*TASK DATA*:
§

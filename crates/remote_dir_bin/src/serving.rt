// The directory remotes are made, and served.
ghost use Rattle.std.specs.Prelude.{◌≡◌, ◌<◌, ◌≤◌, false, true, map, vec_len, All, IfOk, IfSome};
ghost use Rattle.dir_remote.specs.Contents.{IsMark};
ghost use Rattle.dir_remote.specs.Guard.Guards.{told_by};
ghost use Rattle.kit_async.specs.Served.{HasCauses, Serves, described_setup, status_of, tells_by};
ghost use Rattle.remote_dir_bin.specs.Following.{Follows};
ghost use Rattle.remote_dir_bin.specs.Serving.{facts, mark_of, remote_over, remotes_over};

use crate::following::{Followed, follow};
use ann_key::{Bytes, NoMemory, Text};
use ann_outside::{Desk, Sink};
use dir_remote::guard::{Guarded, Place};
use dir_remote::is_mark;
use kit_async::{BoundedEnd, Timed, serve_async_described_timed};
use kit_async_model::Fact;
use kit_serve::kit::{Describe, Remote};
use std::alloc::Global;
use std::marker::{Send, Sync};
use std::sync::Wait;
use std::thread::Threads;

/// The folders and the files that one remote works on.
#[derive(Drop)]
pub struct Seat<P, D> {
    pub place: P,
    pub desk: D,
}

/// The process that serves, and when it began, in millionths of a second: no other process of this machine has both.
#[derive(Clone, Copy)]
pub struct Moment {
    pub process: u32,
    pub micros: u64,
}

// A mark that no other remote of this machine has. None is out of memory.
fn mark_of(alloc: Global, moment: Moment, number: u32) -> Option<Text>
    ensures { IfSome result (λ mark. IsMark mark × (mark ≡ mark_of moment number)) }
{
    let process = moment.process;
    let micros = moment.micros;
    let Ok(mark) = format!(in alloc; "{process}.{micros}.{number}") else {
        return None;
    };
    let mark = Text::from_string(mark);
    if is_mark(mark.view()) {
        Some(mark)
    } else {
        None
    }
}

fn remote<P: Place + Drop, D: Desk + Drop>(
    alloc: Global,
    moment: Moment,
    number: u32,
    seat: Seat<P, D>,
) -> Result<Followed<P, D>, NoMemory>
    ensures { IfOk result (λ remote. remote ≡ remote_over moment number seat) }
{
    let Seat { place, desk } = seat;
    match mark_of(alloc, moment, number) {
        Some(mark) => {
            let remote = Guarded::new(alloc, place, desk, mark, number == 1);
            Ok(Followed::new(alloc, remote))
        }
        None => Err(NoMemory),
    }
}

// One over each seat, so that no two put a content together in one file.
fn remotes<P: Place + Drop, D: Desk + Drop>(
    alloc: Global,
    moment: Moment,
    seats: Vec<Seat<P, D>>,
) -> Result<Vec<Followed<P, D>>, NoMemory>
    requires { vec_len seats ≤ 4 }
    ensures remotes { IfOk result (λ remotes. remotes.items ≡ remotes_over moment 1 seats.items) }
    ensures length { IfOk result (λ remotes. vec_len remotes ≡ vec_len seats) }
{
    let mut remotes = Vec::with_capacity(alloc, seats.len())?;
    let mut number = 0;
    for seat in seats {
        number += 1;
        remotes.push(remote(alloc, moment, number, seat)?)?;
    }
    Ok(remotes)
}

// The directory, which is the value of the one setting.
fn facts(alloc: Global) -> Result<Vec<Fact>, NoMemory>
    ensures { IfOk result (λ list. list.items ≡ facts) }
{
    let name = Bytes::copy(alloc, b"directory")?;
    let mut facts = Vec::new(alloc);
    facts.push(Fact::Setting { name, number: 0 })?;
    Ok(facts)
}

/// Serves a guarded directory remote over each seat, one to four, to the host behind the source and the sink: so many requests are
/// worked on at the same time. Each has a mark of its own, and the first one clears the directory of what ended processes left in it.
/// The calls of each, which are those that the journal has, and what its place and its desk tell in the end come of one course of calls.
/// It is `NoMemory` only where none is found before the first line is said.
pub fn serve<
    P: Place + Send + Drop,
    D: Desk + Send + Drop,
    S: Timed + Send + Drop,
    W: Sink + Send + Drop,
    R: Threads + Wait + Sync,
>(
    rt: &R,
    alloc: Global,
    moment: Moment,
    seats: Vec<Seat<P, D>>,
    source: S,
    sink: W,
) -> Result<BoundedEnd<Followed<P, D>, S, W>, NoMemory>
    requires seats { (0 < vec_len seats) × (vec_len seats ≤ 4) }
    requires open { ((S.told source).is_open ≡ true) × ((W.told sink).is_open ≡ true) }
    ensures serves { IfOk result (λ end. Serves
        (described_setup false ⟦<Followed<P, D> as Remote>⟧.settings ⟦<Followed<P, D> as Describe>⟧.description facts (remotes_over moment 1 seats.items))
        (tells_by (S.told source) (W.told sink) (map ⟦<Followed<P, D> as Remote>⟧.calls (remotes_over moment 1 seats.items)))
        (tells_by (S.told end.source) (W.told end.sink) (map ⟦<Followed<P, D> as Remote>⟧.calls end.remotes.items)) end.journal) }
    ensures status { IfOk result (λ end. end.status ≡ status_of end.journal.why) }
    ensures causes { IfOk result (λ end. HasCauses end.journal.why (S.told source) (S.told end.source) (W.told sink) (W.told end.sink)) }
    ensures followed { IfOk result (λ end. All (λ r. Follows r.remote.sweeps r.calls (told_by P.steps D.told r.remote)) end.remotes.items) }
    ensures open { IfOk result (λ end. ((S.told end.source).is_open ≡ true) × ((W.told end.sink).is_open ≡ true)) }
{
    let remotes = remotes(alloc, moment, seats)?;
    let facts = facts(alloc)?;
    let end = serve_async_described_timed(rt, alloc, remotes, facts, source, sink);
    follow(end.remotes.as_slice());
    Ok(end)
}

§

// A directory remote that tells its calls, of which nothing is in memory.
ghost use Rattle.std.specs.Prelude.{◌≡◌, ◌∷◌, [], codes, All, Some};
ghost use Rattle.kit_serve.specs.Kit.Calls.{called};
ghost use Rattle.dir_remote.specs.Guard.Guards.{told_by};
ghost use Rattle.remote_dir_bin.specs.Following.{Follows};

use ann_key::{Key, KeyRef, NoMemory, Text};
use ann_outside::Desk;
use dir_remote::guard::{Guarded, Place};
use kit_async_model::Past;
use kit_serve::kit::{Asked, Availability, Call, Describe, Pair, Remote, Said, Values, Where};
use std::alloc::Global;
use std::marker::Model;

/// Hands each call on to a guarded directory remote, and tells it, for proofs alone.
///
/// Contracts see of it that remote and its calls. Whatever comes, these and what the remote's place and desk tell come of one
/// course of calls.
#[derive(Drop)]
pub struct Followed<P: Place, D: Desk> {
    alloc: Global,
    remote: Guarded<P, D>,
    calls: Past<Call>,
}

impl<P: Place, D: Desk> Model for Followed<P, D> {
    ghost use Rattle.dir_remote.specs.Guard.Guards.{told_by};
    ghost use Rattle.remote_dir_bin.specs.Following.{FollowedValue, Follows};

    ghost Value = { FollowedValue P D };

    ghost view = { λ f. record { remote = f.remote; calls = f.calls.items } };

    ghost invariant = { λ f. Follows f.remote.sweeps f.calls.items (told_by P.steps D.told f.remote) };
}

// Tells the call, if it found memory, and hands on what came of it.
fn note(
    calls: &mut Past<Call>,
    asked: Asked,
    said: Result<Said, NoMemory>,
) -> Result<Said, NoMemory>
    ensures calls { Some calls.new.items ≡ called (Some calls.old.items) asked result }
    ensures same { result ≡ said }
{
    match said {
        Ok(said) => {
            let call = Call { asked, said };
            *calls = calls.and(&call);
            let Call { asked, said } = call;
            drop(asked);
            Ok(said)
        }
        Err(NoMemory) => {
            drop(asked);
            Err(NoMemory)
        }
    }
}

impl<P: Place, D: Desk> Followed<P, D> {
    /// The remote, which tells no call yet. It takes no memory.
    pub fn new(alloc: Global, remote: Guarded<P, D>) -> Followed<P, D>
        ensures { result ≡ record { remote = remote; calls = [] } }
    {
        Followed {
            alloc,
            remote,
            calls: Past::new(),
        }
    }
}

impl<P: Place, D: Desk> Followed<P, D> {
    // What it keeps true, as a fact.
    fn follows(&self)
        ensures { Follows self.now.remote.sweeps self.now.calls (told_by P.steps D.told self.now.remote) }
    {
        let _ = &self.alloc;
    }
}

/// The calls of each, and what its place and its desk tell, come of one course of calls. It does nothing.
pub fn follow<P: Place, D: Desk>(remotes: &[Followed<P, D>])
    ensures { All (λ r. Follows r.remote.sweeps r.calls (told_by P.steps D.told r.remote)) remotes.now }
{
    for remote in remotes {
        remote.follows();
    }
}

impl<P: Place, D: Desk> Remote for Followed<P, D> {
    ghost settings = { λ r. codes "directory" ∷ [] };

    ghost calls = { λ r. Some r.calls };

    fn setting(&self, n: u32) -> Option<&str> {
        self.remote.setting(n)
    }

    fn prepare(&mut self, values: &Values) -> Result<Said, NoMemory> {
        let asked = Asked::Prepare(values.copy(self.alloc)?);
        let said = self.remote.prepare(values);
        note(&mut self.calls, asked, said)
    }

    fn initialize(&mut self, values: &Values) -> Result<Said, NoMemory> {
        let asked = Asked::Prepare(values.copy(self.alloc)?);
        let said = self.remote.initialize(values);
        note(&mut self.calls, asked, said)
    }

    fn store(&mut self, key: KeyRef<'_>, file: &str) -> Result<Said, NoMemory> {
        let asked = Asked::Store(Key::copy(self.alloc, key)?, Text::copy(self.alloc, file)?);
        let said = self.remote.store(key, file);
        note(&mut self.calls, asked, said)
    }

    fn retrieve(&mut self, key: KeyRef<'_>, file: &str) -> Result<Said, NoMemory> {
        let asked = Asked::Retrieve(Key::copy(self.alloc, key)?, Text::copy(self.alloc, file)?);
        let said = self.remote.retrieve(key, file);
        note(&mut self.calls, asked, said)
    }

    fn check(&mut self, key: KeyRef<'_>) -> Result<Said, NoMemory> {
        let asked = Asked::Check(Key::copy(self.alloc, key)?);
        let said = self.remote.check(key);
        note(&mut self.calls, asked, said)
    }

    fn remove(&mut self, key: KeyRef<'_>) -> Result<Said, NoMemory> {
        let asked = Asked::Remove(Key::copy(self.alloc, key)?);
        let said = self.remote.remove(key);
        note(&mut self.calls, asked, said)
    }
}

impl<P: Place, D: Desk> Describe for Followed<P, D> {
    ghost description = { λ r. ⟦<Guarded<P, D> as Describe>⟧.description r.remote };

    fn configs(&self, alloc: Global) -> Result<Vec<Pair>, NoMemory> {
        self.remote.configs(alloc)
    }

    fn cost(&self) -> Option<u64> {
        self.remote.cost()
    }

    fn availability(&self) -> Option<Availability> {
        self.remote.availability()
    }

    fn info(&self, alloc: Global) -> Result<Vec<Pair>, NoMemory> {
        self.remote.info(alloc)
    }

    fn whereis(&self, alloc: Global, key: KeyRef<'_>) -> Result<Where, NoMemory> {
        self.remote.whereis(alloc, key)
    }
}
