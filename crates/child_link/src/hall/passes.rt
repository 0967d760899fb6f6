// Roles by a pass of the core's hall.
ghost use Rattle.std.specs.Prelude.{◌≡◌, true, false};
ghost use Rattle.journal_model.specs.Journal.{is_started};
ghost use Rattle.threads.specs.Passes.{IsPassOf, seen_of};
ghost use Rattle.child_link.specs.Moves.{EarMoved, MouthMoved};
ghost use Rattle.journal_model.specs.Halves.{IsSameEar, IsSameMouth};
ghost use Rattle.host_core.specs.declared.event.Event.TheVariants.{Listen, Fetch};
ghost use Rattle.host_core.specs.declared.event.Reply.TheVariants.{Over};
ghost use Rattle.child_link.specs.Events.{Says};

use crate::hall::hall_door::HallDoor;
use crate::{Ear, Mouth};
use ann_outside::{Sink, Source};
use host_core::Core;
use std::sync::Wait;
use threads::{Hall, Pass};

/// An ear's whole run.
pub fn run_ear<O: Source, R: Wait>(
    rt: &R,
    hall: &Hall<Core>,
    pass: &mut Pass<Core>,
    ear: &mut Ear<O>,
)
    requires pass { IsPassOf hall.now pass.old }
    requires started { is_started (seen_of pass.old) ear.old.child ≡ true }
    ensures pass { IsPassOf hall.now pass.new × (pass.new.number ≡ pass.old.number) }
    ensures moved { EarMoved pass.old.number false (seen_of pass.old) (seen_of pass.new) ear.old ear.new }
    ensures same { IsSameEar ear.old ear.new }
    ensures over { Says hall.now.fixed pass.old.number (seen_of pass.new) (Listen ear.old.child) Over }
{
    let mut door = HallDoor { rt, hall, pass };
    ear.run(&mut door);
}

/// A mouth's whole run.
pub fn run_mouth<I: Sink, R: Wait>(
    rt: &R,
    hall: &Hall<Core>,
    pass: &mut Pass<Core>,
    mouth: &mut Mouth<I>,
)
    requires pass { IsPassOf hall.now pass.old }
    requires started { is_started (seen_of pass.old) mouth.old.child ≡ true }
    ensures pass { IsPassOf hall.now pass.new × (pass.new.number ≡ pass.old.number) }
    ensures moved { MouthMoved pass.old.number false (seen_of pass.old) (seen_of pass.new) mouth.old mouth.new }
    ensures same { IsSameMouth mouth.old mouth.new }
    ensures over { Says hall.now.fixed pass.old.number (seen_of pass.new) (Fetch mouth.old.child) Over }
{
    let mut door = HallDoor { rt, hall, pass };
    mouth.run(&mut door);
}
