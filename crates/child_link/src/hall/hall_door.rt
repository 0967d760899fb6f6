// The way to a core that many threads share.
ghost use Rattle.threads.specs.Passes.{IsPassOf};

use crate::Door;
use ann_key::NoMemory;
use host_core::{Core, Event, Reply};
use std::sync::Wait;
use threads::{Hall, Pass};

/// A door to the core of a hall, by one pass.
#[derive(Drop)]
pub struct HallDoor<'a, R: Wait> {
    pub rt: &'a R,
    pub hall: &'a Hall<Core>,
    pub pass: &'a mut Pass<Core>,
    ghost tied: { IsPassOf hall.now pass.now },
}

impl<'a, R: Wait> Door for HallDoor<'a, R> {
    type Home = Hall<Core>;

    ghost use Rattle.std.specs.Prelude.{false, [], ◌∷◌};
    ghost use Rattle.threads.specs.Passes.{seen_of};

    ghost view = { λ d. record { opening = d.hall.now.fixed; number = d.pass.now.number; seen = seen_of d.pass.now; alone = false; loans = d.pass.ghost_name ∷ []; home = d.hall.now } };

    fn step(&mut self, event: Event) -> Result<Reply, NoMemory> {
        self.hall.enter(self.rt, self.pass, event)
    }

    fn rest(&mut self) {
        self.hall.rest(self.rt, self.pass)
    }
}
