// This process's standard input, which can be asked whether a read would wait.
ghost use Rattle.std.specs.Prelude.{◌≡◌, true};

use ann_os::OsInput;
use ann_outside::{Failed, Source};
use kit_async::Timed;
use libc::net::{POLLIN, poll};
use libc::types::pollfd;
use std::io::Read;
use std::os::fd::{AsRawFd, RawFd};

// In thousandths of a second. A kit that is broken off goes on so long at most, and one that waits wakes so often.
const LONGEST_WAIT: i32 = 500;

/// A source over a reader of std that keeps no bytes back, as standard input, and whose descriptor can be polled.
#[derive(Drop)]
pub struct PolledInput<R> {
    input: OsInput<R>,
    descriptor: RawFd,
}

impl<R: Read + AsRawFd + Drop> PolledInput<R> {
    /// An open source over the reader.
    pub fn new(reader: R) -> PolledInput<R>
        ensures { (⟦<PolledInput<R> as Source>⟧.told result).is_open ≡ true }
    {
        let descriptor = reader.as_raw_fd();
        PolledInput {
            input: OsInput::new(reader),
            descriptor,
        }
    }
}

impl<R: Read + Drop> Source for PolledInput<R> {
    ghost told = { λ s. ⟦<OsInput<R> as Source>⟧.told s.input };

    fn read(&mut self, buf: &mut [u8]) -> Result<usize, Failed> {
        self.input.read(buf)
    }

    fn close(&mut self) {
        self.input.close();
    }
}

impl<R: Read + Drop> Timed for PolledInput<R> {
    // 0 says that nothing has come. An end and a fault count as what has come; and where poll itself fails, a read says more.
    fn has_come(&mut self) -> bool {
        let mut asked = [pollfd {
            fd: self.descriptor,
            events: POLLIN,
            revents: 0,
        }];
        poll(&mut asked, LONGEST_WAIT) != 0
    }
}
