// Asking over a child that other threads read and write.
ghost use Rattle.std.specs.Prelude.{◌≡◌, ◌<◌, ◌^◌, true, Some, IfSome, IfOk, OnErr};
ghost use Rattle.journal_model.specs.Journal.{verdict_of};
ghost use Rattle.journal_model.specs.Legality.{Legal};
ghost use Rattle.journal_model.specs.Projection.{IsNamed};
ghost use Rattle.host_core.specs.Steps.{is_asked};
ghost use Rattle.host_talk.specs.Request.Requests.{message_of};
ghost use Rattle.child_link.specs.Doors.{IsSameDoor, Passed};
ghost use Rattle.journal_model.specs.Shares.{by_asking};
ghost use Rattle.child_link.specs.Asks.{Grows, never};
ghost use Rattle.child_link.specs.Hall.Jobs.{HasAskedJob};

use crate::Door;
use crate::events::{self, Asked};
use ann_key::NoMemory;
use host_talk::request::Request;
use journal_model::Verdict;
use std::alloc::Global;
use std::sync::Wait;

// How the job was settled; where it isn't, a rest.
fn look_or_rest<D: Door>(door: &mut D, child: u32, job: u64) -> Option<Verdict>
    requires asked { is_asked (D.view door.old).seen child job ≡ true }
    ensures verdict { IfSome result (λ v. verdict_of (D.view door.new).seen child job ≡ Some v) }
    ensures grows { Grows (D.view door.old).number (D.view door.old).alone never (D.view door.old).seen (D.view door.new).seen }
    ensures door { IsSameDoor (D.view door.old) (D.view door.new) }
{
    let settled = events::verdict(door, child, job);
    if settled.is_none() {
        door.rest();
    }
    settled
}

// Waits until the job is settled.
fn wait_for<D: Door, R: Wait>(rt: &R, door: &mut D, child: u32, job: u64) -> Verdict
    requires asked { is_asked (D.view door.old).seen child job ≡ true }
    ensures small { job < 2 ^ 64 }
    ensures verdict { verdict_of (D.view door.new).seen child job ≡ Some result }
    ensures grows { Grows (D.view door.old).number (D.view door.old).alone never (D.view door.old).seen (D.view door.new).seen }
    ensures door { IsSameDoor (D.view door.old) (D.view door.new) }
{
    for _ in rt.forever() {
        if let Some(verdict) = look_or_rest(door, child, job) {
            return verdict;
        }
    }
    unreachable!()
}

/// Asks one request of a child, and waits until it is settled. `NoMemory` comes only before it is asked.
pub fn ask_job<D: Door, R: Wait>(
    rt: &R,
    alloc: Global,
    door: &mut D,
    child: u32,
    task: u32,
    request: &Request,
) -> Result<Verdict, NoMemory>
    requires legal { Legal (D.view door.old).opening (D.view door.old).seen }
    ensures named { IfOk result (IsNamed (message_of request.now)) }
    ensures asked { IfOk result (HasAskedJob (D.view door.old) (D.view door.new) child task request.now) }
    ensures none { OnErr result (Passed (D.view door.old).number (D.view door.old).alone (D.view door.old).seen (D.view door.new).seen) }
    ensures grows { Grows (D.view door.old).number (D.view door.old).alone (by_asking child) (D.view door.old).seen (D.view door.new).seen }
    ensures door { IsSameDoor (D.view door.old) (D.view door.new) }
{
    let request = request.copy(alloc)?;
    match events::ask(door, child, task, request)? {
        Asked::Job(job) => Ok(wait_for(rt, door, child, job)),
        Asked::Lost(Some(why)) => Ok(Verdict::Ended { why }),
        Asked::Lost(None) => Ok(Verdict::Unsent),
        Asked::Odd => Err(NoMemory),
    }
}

§

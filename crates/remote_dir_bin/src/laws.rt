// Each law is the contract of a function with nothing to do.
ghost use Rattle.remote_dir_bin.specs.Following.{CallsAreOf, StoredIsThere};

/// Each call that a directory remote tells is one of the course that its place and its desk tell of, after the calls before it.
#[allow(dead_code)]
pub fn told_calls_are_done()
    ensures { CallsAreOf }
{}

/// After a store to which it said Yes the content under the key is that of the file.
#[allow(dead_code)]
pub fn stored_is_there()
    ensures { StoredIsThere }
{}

§

*WHAT IS EXPECTED*: Starting at the line with "filename crates/remote_dir_bin/src/serving.rt" and ending at the line with "let process = moment.process;", print each line of the listing above exactly, with no other lines.

*YOUR RESPONSE*:
filename crates/remote_dir_bin/src/serving.rt
// The directory remotes are made, and served.
ghost use Rattle.std.specs.Prelude.{◌≡◌, ◌<◌, ◌≤◌, false, true, map, vec_len, All, IfOk, IfSome};
ghost use Rattle.dir_remote.specs.Contents.{IsMark};
ghost use Rattle.dir_remote.specs.Guard.Guards.{told_by};
ghost use Rattle.kit_async.specs.Served.{HasCauses, Serves, described_setup, status_of, tells_by};
ghost use Rattle.remote_dir_bin.specs.Following.{Follows};
ghost use Rattle.remote_dir_bin.specs.Serving.{facts, mark_of, remote_over, remotes_over};

use crate::following::{Followed, follow};
use ann_key::{Bytes, NoMemory, Text};
use ann_outside::{Desk, Sink};
use dir_remote::guard::{Guarded, Place};
use dir_remote::is_mark;
use kit_async::{BoundedEnd, Timed, serve_async_described_timed};
use kit_async_model::Fact;
use kit_serve::kit::{Describe, Remote};
use std::alloc::Global;
use std::marker::{Send, Sync};
use std::sync::Wait;
use std::thread::Threads;

/// The folders and the files that one remote works on.
#[derive(Drop)]
pub struct Seat<P, D> {
    pub place: P,
    pub desk: D,
}

/// The process that serves, and when it began, in millionths of a second: no other process of this machine has both.
#[derive(Clone, Copy)]
pub struct Moment {
    pub process: u32,
    pub micros: u64,
}

// A mark that no other remote of this machine has. None is out of memory.
fn mark_of(alloc: Global, moment: Moment, number: u32) -> Option<Text>
    ensures { IfSome result (λ mark. IsMark mark × (mark ≡ mark_of moment number)) }
{
    let process = moment.process;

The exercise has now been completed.